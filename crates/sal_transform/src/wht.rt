//! The inverse Walsh-Hadamard transform (RFC 6386, section 14.3).

ghost use Rattle.std.specs.Prelude.{◌≡◌, ℤ, pos, ◌+ℤ◌, ◌-ℤ◌, ◌≤ℤ◌, ◌<◌, All};
ghost use Rattle.sal_macroblock.specs.Sizes.{Within};
ghost use Rattle.sal_transform.specs.Inverse.{down};
ghost use Rattle.sal_transform.specs.Hadamard.{sum_0, sum_1, sum_2, sum_3, eighth, inverse_y2_of};

// One column.
fn first_pass(x0: i32, x1: i32, x2: i32, x3: i32) -> (i32, i32, i32, i32)
    requires x0 { Within 1048576 x0 }
    requires x1 { Within 1048576 x1 }
    requires x2 { Within 1048576 x2 }
    requires x3 { Within 1048576 x3 }
    ensures y0 { (result.0 ≡ sum_0 x0 x1 x2 x3) × Within 4194304 result.0 }
    ensures y1 { (result.1 ≡ sum_1 x0 x1 x2 x3) × Within 4194304 result.1 }
    ensures y2 { (result.2 ≡ sum_2 x0 x1 x2 x3) × Within 4194304 result.2 }
    ensures y3 { (result.3 ≡ sum_3 x0 x1 x2 x3) × Within 4194304 result.3 }
{
    let a = x0 + x3;
    let b = x1 + x2;
    let c = x1 - x2;
    let d = x0 - x3;
    (a + b, c + d, a - b, d - c)
}

#[tactic(auto, unfolding(crate::specs::Hadamard::eighth))]
fn eighth(x: i32) -> i32
    requires { Within 16777216 x }
    ensures value { result ≡ eighth x }
    ensures small { Within 2097152 result }
{
    (x + 3) >> 3
}

// One row, rounded.
fn second_pass(x0: i32, x1: i32, x2: i32, x3: i32) -> (i32, i32, i32, i32)
    requires x0 { Within 4194304 x0 }
    requires x1 { Within 4194304 x1 }
    requires x2 { Within 4194304 x2 }
    requires x3 { Within 4194304 x3 }
    ensures y0 { (result.0 ≡ eighth (sum_0 x0 x1 x2 x3)) × Within 2097152 result.0 }
    ensures y1 { (result.1 ≡ eighth (sum_1 x0 x1 x2 x3)) × Within 2097152 result.1 }
    ensures y2 { (result.2 ≡ eighth (sum_2 x0 x1 x2 x3)) × Within 2097152 result.2 }
    ensures y3 { (result.3 ≡ eighth (sum_3 x0 x1 x2 x3)) × Within 2097152 result.3 }
{
    let a = x0 + x3;
    let b = x1 + x2;
    let c = x1 - x2;
    let d = x0 - x3;
    (eighth(a + b), eighth(c + d), eighth(a - b), eighth(d - c))
}

// Column c of the first pass.
fn column(block: &[i32; 16], c: usize) -> (i32, i32, i32, i32)
    requires small { All (Within 1048576) block.now }
    requires column { c < 4 }
    ensures y0 { (result.0 ≡ down sum_0 block.now c) × Within 4194304 result.0 }
    ensures y1 { (result.1 ≡ down sum_1 block.now c) × Within 4194304 result.1 }
    ensures y2 { (result.2 ≡ down sum_2 block.now c) × Within 4194304 result.2 }
    ensures y3 { (result.3 ≡ down sum_3 block.now c) × Within 4194304 result.3 }
{
    first_pass(block[c], block[c + 4], block[c + 8], block[c + 12])
}

/// The inverse Walsh-Hadamard transform of a macroblock's Y2 block in raster order: columns, then rows, each result an
/// eighth, rounded. Its results are the first values of the sixteen luma blocks (RFC 6386, section 14.3).
pub fn inverse_y2(block: &[i32; 16]) -> [i32; 16]
    requires { All (Within 1048576) block.now }
    ensures value { result ≡ inverse_y2_of block.now }
    ensures small { All (Within 2097152) result }
{
    let (a0, a1, a2, a3) = column(block, 0);
    let (b0, b1, b2, b3) = column(block, 1);
    let (c0, c1, c2, c3) = column(block, 2);
    let (d0, d1, d2, d3) = column(block, 3);
    let (p0, p1, p2, p3) = second_pass(a0, b0, c0, d0);
    let (q0, q1, q2, q3) = second_pass(a1, b1, c1, d1);
    let (r0, r1, r2, r3) = second_pass(a2, b2, c2, d2);
    let (s0, s1, s2, s3) = second_pass(a3, b3, c3, d3);
    [
        p0, p1, p2, p3, q0, q1, q2, q3, r0, r1, r2, r3, s0, s1, s2, s3,
    ]
}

## Exercise goal:
Please return every line of the material above that includes "eighth".

## Your solution:
ghost use Rattle.sal_transform.specs.Hadamard.{sum_0, sum_1, sum_2, sum_3, eighth, inverse_y2_of};
#[tactic(auto, unfolding(crate::specs::Hadamard::eighth))]
fn eighth(x: i32) -> i32
    ensures value { result ≡ eighth x }
    ensures y0 { (result.0 ≡ eighth (sum_0 x0 x1 x2 x3)) × Within 2097152 result.0 }
    ensures y1 { (result.1 ≡ eighth (sum_1 x0 x1 x2 x3)) × Within 2097152 result.1 }
    ensures y2 { (result.2 ≡ eighth (sum_2 x0 x1 x2 x3)) × Within 2097152 result.2 }
    ensures y3 { (result.3 ≡ eighth (sum_3 x0 x1 x2 x3)) × Within 2097152 result.3 }
    (eighth(a + b), eighth(c + d), eighth(a - b), eighth(d - c))
/// eighth, rounded. Its results are the first values of the sixteen luma blocks (RFC 6386, section 14.3).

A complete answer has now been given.